The Pringle Campaign will release videos of various grassroots leaders talking about why they support Chris Pringle.

“I’ve known Chris for many years and through my dealings with him personally and in the real estate business, I’ve come to admire his strong work ethic and high moral values,” said realtor Jess Martin. “I know he will be able to go to Washington and build the strong relationships we need, like he has down here in Southwest Alabama, to benefit us in the future.”

“Chris Pringle and I have been close personal friends since childhood. I know him to be a man of character and integrity,” said Mobile Bar Pilots Patrick Wilson. “We have had the opportunity to work professionally together as adults and I’ve seen Chris fight for our shipping industry and be a strong voice for Southwest Alabama.”
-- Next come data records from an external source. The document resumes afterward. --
//! A record's fields, read in place.

ghost use Rattle.std.specs.Prelude.{◌≡◌, length, option_map, OnOk};
ghost use Rattle.csv.specs.Records.{field_at, fields_of};
ghost use Rattle.jb_rows.specs.Fields.{fields_in};

use crate::packed::first_field;
use csv::ByteRecord;
use std::alloc::AllocError;
use std::marker::Model;

/// A record's fields, in the bytes that hold them packed. A contract sees their list.
#[derive(Drop)]
pub struct Row<'a> {
    bytes: &'a [u8],
}

impl<'a> Model for Row<'a> {
    ghost use Rattle.std.specs.Prelude.{ℕ, List};
    ghost use Rattle.jb_rows.specs.Fields.{fields_in};

    ghost Value = { List (List ℕ) };

    ghost view = { λ row. fields_in row.bytes.now };
}

impl<'a> Row<'a> {
    /// The fields in these bytes. Any bytes hold some.
    pub fn of(bytes: &'a [u8]) -> Row<'a>
        ensures { result ≡ fields_in bytes.now }
    {
        Row { bytes }
    }

    /// How many fields there are.
    pub fn len(&self) -> usize
        ensures { result ≡ length self.now }
    {
        count_fields(self.bytes)
    }

    /// The field of this index, the first being 0, if there is one.
    pub fn get(&self, index: usize) -> Option<&[u8]>
        ensures { option_map (λ field. field.now) result ≡ field_at self.now index }
    {
        nth_field(self.bytes, index)
    }

    /// Puts a copy of the fields into a record of `csv`, in place of those that it had.
    pub(crate) fn copy_to(&self, entry: &mut ByteRecord) -> Result<(), AllocError>
        ensures { OnOk result (fields_of entry.new ≡ self.now) }
    {
        copy_fields(self.bytes, entry)
    }
}

/// Puts a copy of the fields in packed bytes into a record of `csv`, in place of those that it had.
fn copy_fields(bytes: &[u8], entry: &mut ByteRecord) -> Result<(), AllocError>
    ensures { OnOk result (fields_of entry.new ≡ fields_in bytes.now) }
{
    entry.clear();
    let mut behind = bytes;
    'fields: loop {
        match first_field(behind) {
            Some((field, later)) => {
                entry.push_field(field)?;
                behind = later;
            }
            None => return Ok(()),
        }
    }
}

/// How many fields packed bytes have.
fn count_fields(bytes: &[u8]) -> usize
    ensures { result ≡ length (fields_in bytes.now) }
{
    let mut count = 0;
    let mut behind = bytes;
    'fields: loop {
        match first_field(behind) {
            Some((_, later)) => {
                count += 1;
                behind = later;
            }
            None => return count,
        }
    }
}

/// The field of this index in packed bytes.
fn nth_field(bytes: &[u8], index: usize) -> Option<&[u8]>
    ensures { option_map (λ field. field.now) result ≡ field_at (fields_in bytes.now) index }
{
    let mut behind = bytes;
    for _ in 0..index {
        match first_field(behind) {
            Some((_, later)) => behind = later,
            None => return None,
        }
    }
    match first_field(behind) {
        Some((field, _)) => Some(field),
        None => None,
    }
}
“I’ve known Chris Pringle my entire life…As a state Rep. he represents the district where I live,” said Mobile Assistant Police Chief Clay Godwin. “He has championed very pro-law enforcement legislation in the state and I know he will always be a friend to law enforcement.”

“I’m voting for Chris Pringle for Congress because I believe Chris understands and can communicate the needs of our community in Washington. I know Chris,” said Construction company owner Cay Rogers. “I know his family. He loves God. He loves his family. He loves his Country. And Chris loves his friends.”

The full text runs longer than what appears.